--- EXERCISE DATA Enclosed Below ---

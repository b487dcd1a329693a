// What the layers above use of sets of locations, each a law on the definitions alone, as those of
// histories are.
ghost use Rattle.std.specs.Prelude.{◌≡◌, ℕ, Bool, true};
ghost use Rattle.plc_base.specs.Mask.{within};
ghost use Rattle.plc_auto.specs.Sets.{all_locations};
ghost use Rattle.plc_auto.specs.Laws.{SetsOfLocations, SetsGrow, ClosuresAreLeast};
ghost use Rattle.plc_auto.specs.declared.observer.Observer.{Observer};

/// Which of the sets of locations lie within which.
pub fn sets_of_locations()
    ensures { (o : Observer) → SetsOfLocations o }
{}

/// Steps and closures of sets stay within the locations, and grow with the set.
pub fn sets_grow()
    ensures { (o : Observer) → SetsGrow o }
{}

/// The closure of a set of locations is the least closed set that holds it, and so its own closure.
pub fn closures_are_least()
    ensures { (o : Observer) (with_free : Bool) (m : ℕ) → within m (all_locations o) ≡ true
        → ClosuresAreLeast o with_free m }
{}
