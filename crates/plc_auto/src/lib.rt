//! When a reclaimer may free what: events, the three observers with their tables of locations, the schemes by which
//! reclaimers know them, where watchers stand for each address, and sets of locations. `step` is the written table,
//! `Locations` is its fold over the events that were heard, and the sets are what their definitions say.
#![tactic(auto)]

mod event;
mod hearing;
mod laws;
mod location_laws;
mod locations;
mod observer;
mod row;
mod scheme;
mod set_laws;
mod sets;
mod table;
mod watcher;

pub use event::{EvKind, Event};
pub use laws::{
    far_events_move_nothing, frees_follow_retirements, histories_are_judged_by_the_last,
    letters_turn, locations_follow_histories, null_is_other, retired_for_all_threads,
};
pub use location_laws::{locations_follow_observers, locations_of_threads_follow};
pub use locations::Locations;
pub use observer::Observer;
pub use scheme::{Scheme, schemes_of};
pub use set_laws::{closures_are_least, sets_grow, sets_of_locations};
pub use table::R_KEPT;
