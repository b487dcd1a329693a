// The law that makes the definition a function, so that an answer is the one answer, the law that rules one end out,
// and the law that a replay may go on from where runs start.
ghost use Rattle.plc_replay.specs.Laws.{SchedulesComeToOneEnd, ServedReplaysForbidNothing, StartsStand};

/// A schedule comes to one end at most, whatever the meanings of the reclaimer are.
pub fn schedules_come_to_one_end()
    ensures { SchedulesComeToOneEnd }
{}

/// No schedule comes to a forbidden free where the reclaimer acts as `hazard` and the file has no
/// `use epoch`, or where it acts as `epoch` and the file has no `use hazard`. The flow, the observer
/// and the schemes are to be those of a file that was read: what a tick frees is picked just before,
/// and `init`, of which the reclaimer hears nothing, has no call.
pub fn served_replays_forbid_nothing()
    ensures { ServedReplaysForbidNothing }
{}

/// What `Config::start` answers is line 1 of a schedule, the start with so many threads, from which `take_line` takes
/// the next line. Where it answers `NoStart` line 1 is impossible.
pub fn starts_stand()
    ensures { StartsStand }
{}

--- End of Enclosed EXERCISE DATA ---

THE TASK →
For each line in the entries that holds "those", return that line.

ANSWER SPACE →
// What the layers above use of sets of locations, each a law on the definitions alone, as those of
/// and the schemes are to be those of a file that was read: what a tick frees is picked just before,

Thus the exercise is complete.